A solar tree develops in an industrial design workshop at the University of Connecticut, the inspired result of over a year of collaboration by a multidisciplinary team of faculty and students.
The 12-foot aluminum tree will be used as a research and educational tool, while providing a place for students to stop and literally recharge.
Solar trees have been around for years and typically consist of a pipe-shaped steel base supporting rectangular overhead panels. The UConn team, however, came up with a design that artfully mimics a real tree. Several thin branches start from the base and branch upwards to support nine large leaf shapes that will hold the solar panels.
The completed installation will include three curved benches at the base of the tree for visitors to sit down and plug into one of the tree’s outlets.
“It is an aesthetic object as much as a technical object,” said Christoper Sancomb, assistant professor in the industrial design program at the School of Fine Arts and one of the organizers of the project.
The solar tree is the brainchild of Dr Jasna Jankovic, Assistant Professor in the Department of Materials Science and Engineering and who is part of the Clean Energy Engineering Center and the faculty of the Institute of Materials Science. Jankovic said she started discussing the idea with colleagues about two years ago.
The concept immediately intrigued Dr. Cynthia Jones, professor of ecology and evolutionary biology.
“I told him that it had always been a fantasy of mine to build a power plant and change aspects, like the shape and positioning of the leaves, to see how it affected the total electrical gain over the day,” Jones said. In other words, the electrical installation could be used to better understand photosynthesis.
Jankovich teamed up with Sancomb to request a UConn STEAM Innovation Grant to make the project a reality. The grants program encourages innovative collaborations between the arts and STEM (science, technology, engineering and mathematics) disciplines.

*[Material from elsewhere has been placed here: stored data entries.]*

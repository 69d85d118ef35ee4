// The words split by `clap`.
ghost use Rattle.std.specs.Prelude.{◌≡◌, IfOk, map, option_map, string_bytes};
ghost use Rattle.clap.specs.Words.{found_of};
ghost use Rattle.command_line.specs.Forms.{parts_in};
ghost use Rattle.command_line.specs.Syntax.{parts_found};
ghost use Rattle.command_line.specs.Views.{parts_of};
ghost use Rattle.command_line.specs.Words.{given};

use crate::parts::Parts;
use crate::syntax::syntax;
use crate::word::may_all_stand;
use clap::ArgMatches;
use clap::error::ErrorKind;
use std::alloc::Global;
use tuple_edge::OutOfMemory;

// The parts by their names.
fn parts_found<'a>(matches: &ArgMatches<'a>) -> Parts<'a>
    ensures { parts_of result ≡ parts_found (found_of matches.now) }
{
    Parts {
        first: matches.get_str("first"),
        second: matches.get_str("second"),
        third: matches.get_str("third"),
        cash: matches.get_str("cash"),
        script: matches.get_str("script"),
        threads: matches.get_str("threads"),
        turns: matches.get_str("turns"),
        journal: matches.get_str("journal"),
    }
}

/// The words behind a command, split into positional words and options, if they can be.
pub(crate) fn parse<'a>(
    alloc: Global,
    words: &'a [String],
) -> Result<Option<Parts<'a>>, OutOfMemory>
    ensures { IfOk result (λ parts. option_map parts_of parts ≡ option_map parts_in (given (map string_bytes words.now))) }
{
    if !may_all_stand(words) {
        return Ok(None);
    }
    match syntax(alloc)?.try_get_matches_from(words) {
        Ok(matches) => Ok(Some(parts_found(&matches))),
        Err(error) => match error.kind() {
            ErrorKind::OutOfMemory => Err(OutOfMemory),
            _ => Ok(None),
        },
    }
}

They also assembled a multidisciplinary team of faculty including Jones, Dr. Sung Yeul Park, associate professor of electrical engineering, and Dr. Stacy Maddern, assistant professor of urban and community studies. The rest of the crew is made up of ten students, including two high school students.
“We all deliberately looked for an opportunity to work with people outside of our fields,” Sancomb said. “It helps to learn from each other, it sparks new ideas. “
As they began to plan the tree, the group began by asking, what would separate this solar tree from the others? They talked about creating a public sculpture that people could plug into, a meeting place that would also provide shade and seating. They saw the tree as an opportunity to educate people about solar energy, perhaps with a solar-powered kiosk with an interactive presentation on the tree.
They wanted to make it as “green” as possible. They therefore decided to use recyclable aluminum and ruled out the use of any plastic.
And, they wanted to make it portable. So although the tree weighs around 600 pounds, it is easily taken apart. The benches will contain ballast to anchor the tree to the ground in its temporary locations.
Sancomb, who has extensive experience in creating museum exhibits, oversees the construction of the tree. The metal parts of the tree have been assembled, but it is waiting for the wiring, the fixing of the solar panels, the paint, the benches and the batteries to store the energy necessary for the night lighting.
The nine flexible 50-watt solar panels (and two extras), along with two batteries, were donated by Renogy, a California manufacturer of DIY renewable energy products designed for a variety of applications.
During this time, the students of the team begin to work on a variety of “micro-projects”. For example, Pablo Zarama, 20, a materials science and engineering graduate, said he’s creating sensors that he hopes will measure optimal angles for sheet panels to maximize generation.
Vuk Jankovic, 18, a psychology graduate, said he would use the tree as the object of a study on different learning styles. Subjects will see a presentation on the tree in the classroom, remotely or through virtual reality technology. Jankovic will then test the subjects to see how well they have retained the knowledge.
And Dar Jankovic, 16, said he wanted to test whether using concave-shaped sheets with a smaller solar panel on one end and a mirror to reflect sunlight on the other would maximize efficiency.
“We want to expand on several projects,” said Jasna Jankovic. “We will continue to encourage students and teachers to come up with their own projects. “
It turns out that this tree is not suitable for the type of research Jones was interested in.
“The leaves ended up being bigger than I initially thought,” she said. “We could still do some of this work if we built a second tree that could be smaller and more flexible to adjust things for experimental purposes. “
And it is certainly possible. This tree was meant to be a prototype to test a number of factors, Jankovic said, and “we’ll be asking the National Science Foundation or some other funding agency for a bigger grant to develop this project further.” Sancomb estimates the cost of replicating the prototype tree between $ 6,000 and $ 10,000; he will not have a more precise figure until the project is finished.
The team hope to complete the tree this summer so they can make their campus debut this fall. But before that happened, Sancomb said they had another challenge: come up with a deterrent system to prevent students from climbing it.